You mean like an iGPU?

Edit: Oh, thanks for the downvote, with no discussion of the question. I'll just sit here quietly with my commercial OpenCL software that happily exploits these vector units attached to the normal CPU cores.

alberth · 2 years ago

Nx / Axon

Given that most programming languages are designed for sequential processing (like CPUs), but Erlang/Elixir is designed for parallelism (like GPUs) … I really wonder if Nx / Axon (Elixir) will take off.

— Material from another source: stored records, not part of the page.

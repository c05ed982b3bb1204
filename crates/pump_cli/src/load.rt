//! `load`: a workload, by the image of its source, its turns, and the line that tells how they went.

ghost use Rattle.std.specs.Prelude.{◌≡◌, ℕ, [], List, Option, ◌+◌, ◌*◌, ◌≤◌, Ok, Err, IfOk, OnOk};
ghost use Rattle.cache_size.specs.Sizes.{IsCacheSize};
ghost use Rattle.turn_steps.specs.Feeds.{tape_of};
ghost use Rattle.engine_trait.specs.Accounts.{counts_of};
ghost use Rattle.rounds.specs.Course.{hart_stops, rounds};
ghost use Rattle.workload.specs.Source.{source_of_workload};
ghost use Rattle.pump_line.specs.Task.{load};
ghost use Rattle.pump_line.specs.Told.{load_value};
ghost use Rattle.pump_cli.specs.Codes.{IsOfRun, code_of};
ghost use Rattle.pump_cli.specs.Early.{IsOfFile};
ghost use Rattle.pump_cli.specs.Endings.{status_of};
ghost use Rattle.pump_cli.specs.Environments.{environment};
ghost use Rattle.pump_cli.specs.Facts.{Does, PutsFaultBy, status_in};
ghost use Rattle.pump_cli.specs.Program.{no_counts, outcome_of_counts, outcome_of_load, outcome_of_work};
ghost use Rattle.pump_cli.specs.Program.{standing_at_start};
ghost use Rattle.pump_cli.specs.Reading.{source_read};
ghost use Rattle.pump_cli.specs.Texts.{workload_line};
ghost use Rattle.pump_cli.specs.Theorem.{HeadlineOf};
ghost use Rattle.pump_cli.specs.declared.cut.Cut.{Cut};
ghost use Rattle.pump_cli.specs.declared.refusal.Refusal.{Refusal};

use crate::basis::basis_of;
use crate::cut::Cut;
use crate::ending::status_of;
use crate::reading::{EarlyEnd, FILE_LIMIT, image_of_source};
use crate::refusal::{Refusal, end_early};
use crate::status::Status;
use engine_trait::{Counts, Engine, Feed, LoadEnd, Loader};
use host_io::{Files, Sink, Source, SureSink};
use image_format::Image;
use policy_choice::{All, Choice};
use pump_line::LoadTask;
use pump_loader::{ChosenLoad, chosen_load};
use pump_words::{Line, write_text};
use rounds::{make_rounds, stops_of};
use std::alloc::Global;
use tag_text::write_number;
use workload::write_workload;

/// The policies of a workload: all but secrecy, which has nothing to do in it.
const EVERY_POLICY: Choice = Choice {
    seal: true,
    comp: true,
    flow: true,
    heap: true,
    secret: false,
};

/// The counts of an engine that made no turn.
const NO_COUNTS: Counts = Counts {
    turns: 0,
    hits: 0,
    misses: 0,
    sweeps: 0,
};

/// The image of a workload of so many blocks, whose source has the limit of a file.
fn make_workload(alloc: Global, count: u32) -> Result<Image, EarlyEnd>
    ensures taken { IfOk result (λ image. source_read (source_of_workload count) ≡ Ok image) }
    ensures refused { (refusal : Refusal) → result ≡ Err (EarlyEnd.Refused refusal) →
        source_read (source_of_workload count) ≡ Err refusal }
    ensures of_file { (refusal : Refusal) → result ≡ Err (EarlyEnd.Refused refusal) →
        IsOfFile refusal }
    ensures cut { (cut : Cut) → result ≡ Err (EarlyEnd.Cut cut) → cut ≡ Cut.Memory }
{
    let Ok(source) = write_workload(alloc, count) else {
        return Err(EarlyEnd::Cut(Cut::Memory));
    };
    if source.len() > FILE_LIMIT {
        return Err(EarlyEnd::Refused(Refusal::TooLong));
    }
    image_of_source(alloc, &source)
}

/// The line that tells how a workload of so many blocks went.
#[tactic(auto, unfolding(crate::specs::Texts::workload_line))]
fn line_of_workload(count: u32, counts: Counts, status: Status) -> Line
    ensures { result.items ≡ workload_line count counts (code_of status) }
{
    let mut line = Line::new();
    write_number(&mut line, b"load ", u64::from(count));
    write_number(&mut line, b" turns ", counts.turns);
    write_number(&mut line, b" hits ", counts.hits);
    write_number(&mut line, b" misses ", counts.misses);
    write_number(&mut line, b" status ", u64::from(status.code()));
    write_text(&mut line, b"\n");
    line
}

/// Tells in one line on standard output how a workload of so many blocks went, which ends the program with its status.
fn tell_workload<K: Sink>(
    count: u32,
    counts: Counts,
    status: Status,
    out: &mut K,
) -> Result<Status, Cut>
    ensures does { (err : Option (List ℕ)) → Does (outcome_of_counts count counts status)
        (record { out = K.taken out.old; err = err })
        (record { out = K.taken out.new; err = err }) result }
    ensures faults { (err : ℕ) → PutsFaultBy
        (record { out = K.faults out.old; err = err })
        (record { out = K.faults out.new; err = err }) result }
    ensures status { IfOk result (λ told. told ≡ status) }
{
    let line = line_of_workload(count, counts, status);
    match out.put(&line) {
        Ok(()) => Ok(status),
        Err(end) => Err(Cut::from(end)),
    }
}

/// Makes at most `limit` turns of an engine, on an empty feed. What they show goes nowhere; the status is that of the run.
fn run_unseen<E: Engine>(alloc: Global, limit: u64, engine: &mut E) -> Result<Status, Cut>
    ensures standing { OnOk result (E.standing engine.new
        ≡ (rounds E.P.Tag.eq E.P.model limit 0 (E.standing engine.old) (tape_of [])).standing) }
    ensures status { IfOk result (λ status. status
        ≡ status_of (E.standing engine.new).account.halt
        (hart_stops (E.standing engine.new).machine.core)) }
    ensures kind { IfOk result IsOfRun }
    ensures cut { (cut : Cut) → result ≡ Err cut → cut ≡ Cut.Memory }
{
    let mut feed = Feed::of(Vec::new(alloc));
    let mut out = SureSink::new(alloc);
    let mut err = SureSink::new(alloc);
    match make_rounds(limit, engine, &mut feed, &mut out, &mut err) {
        Ok(()) => Ok(status_of(engine.halt(), &stops_of(engine))),
        // These sinks have no faults: memory ran out, for what the turns show or in the engine.
        Err(_) => Err(Cut::Memory),
    }
}

/// Runs a workload of so many blocks on what a loader starts, and tells how it went; a start that needs too many tag numbers
/// makes no turn. It stays a call, so that each kind of engine has a loop of its own.
#[inline(never)]
fn run_blocks<D: Loader, K: Sink>(
    alloc: Global,
    count: u32,
    loader: &D,
    out: &mut K,
) -> Result<Status, Cut>
    requires { counts_of (D.start loader.now).account ≡ no_counts }
    ensures does { (err : Option (List ℕ)) → Does (outcome_of_work count
        (rounds D.E.P.Tag.eq D.E.P.model (10 * count + 4) 0
        (standing_at_start (D.start loader.now)) (tape_of [])))
        (record { out = K.taken out.old; err = err })
        (record { out = K.taken out.new; err = err }) result }
    ensures faults { (err : ℕ) → PutsFaultBy
        (record { out = K.faults out.old; err = err })
        (record { out = K.faults out.new; err = err }) result }
    ensures kind { IfOk result IsOfRun }
{
    let mut engine = match loader.load() {
        Ok(engine) => engine,
        Err(LoadEnd::TagsOut) => return tell_workload(count, NO_COUNTS, Status::TagsOut, out),
        Err(LoadEnd::Memory) => return Err(Cut::Memory),
    };
    let limit = 10 * u64::from(count) + 4;
    match run_unseen(alloc, limit, &mut engine) {
        Ok(status) => tell_workload(count, engine.counts(), status, out),
        Err(cut) => Err(cut),
    }
}

/// Runs the image of a workload under every policy, on the engine that suits the task.
fn run_workload<K: Sink>(
    alloc: Global,
    task: LoadTask,
    image: &Image,
    out: &mut K,
) -> Result<Status, Cut>
    requires rules { IsCacheSize task.cache }
    requires tags { 1 ≤ task.tags }
    ensures does { (err : Option (List ℕ)) → Does
        (outcome_of_load (load_value task) image.now)
        (record { out = K.taken out.old; err = err })
        (record { out = K.taken out.new; err = err }) result }
    ensures faults { (err : ℕ) → PutsFaultBy
        (record { out = K.faults out.old; err = err })
        (record { out = K.faults out.new; err = err }) result }
    ensures kind { IfOk result IsOfRun }
{
    match chosen_load::<All>(
        alloc,
        image,
        basis_of(EVERY_POLICY),
        &[],
        task.cache,
        task.tags,
    ) {
        ChosenLoad::Asked(loader) => run_blocks(alloc, task.count, &loader, out),
        ChosenLoad::Kept(loader) => run_blocks(alloc, task.count, &loader, out),
        ChosenLoad::InSets(loader) => run_blocks(alloc, task.count, &loader, out),
    }
}

/// Makes the image of a workload, and runs it.
pub(crate) fn load_task<F: Files, S: Source, K: Sink, L: Sink>(
    alloc: Global,
    task: LoadTask,
    files: &mut F,
    input: &mut S,
    out: &mut K,
    err: &mut L,
) -> Result<Status, Cut>
    requires rules { IsCacheSize task.cache }
    requires tags { 1 ≤ task.tags }
    ensures { HeadlineOf (load (load_value task)) (status_in result)
        (environment F.tells F.held F.read_faults F.write_faults F.calls S.left S.closed S.faults
        K.taken K.faults L.taken L.faults files.old input.old out.old err.old)
        (environment F.tells F.held F.read_faults F.write_faults F.calls S.left S.closed S.faults
        K.taken K.faults L.taken L.faults files.new input.new out.new err.new) }
{
    match make_workload(alloc, task.count) {
        Ok(image) => run_workload(alloc, task, &image, out),
        Err(end) => end_early(err, end),
    }
}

https://github.com/elixir-nx/

Erlang was designed for distributed systems with a lot of concurrency not for computation-heavy parallelism

matrss · 2 years ago

I am really wondering how well Elixir with Nx would perform for computation heavy workloads on a HPC cluster. Architecturally, it isn't that dissimilar to MPI, which is often used in that field. It should be a lot more accessible though, like numpy and the entire scientific python stack.

zoogeny · 2 years ago

I've been investigating this and I wonder if the combination of Elixir and Nx/Axon might be a good fit for architectures like NVIDIA Grace Hopper where there is a mix of CPU and GPU.

coffeebeqn · 2 years ago

Would that run on a GPU? I think the future is having both. Sequential programming is still the best abstraction for most tasks that don’t require immense parallel execution

dartos · 2 years ago

Axon runs compute graphs on gpu, but elixirs parallelism abstractions run on cpu

password4321 · 2 years ago

I need a buyers guide: what's the minimum to spend, and best at a few budget tiers? Unfortunately that info changes occasionally and I'm not sure if there's any resource that keeps on top of things.

alsodumb · 2 years ago

https://timdettmers.com/2023/01/30/which-gpu-for-deep-learni...

This is the best one imo.

Google Colab, Kaggle Notebooks and Paperspace Notebooks all offer free GPU usage (within limits), so you do not need to spent anything to learn GPU programming.

https://colab.google/

https://www.kaggle.com/docs/notebooks

https://www.paperspace.com/gradient/free-gpu

fulafel · 2 years ago

For learning basics of GPU programming your iGPU will do fine. Actual real-world applications are very varied of course.

You can also rent compute online if you don’t want to immediate plop down 1-2k

aunty_helen · 2 years ago

We’re back to “every developer must know” clickbait articles?

Although I think they'll be replaced by ChatGPT a good article in that style is actually quite valuable.

I like attacking complexity head on, and have a good knowledge of both quantitative methods & qualitative details of (say) computer hardware so having an article that can tell me the nitty gritty details of a field is appreciated.

Take "What every programmer should know about memory" — should every programmer know? Perhaps not, but every good programmer should at least have an appreciation of how a computer actually works. This pays dividends everywhere — locality (the main idea that you should take away from that article) is fast, easy to follow, and usually a result of good code that fits a problem well.

igh4st · 2 years ago

it seems so... Should take this article's statements with a grain of salt.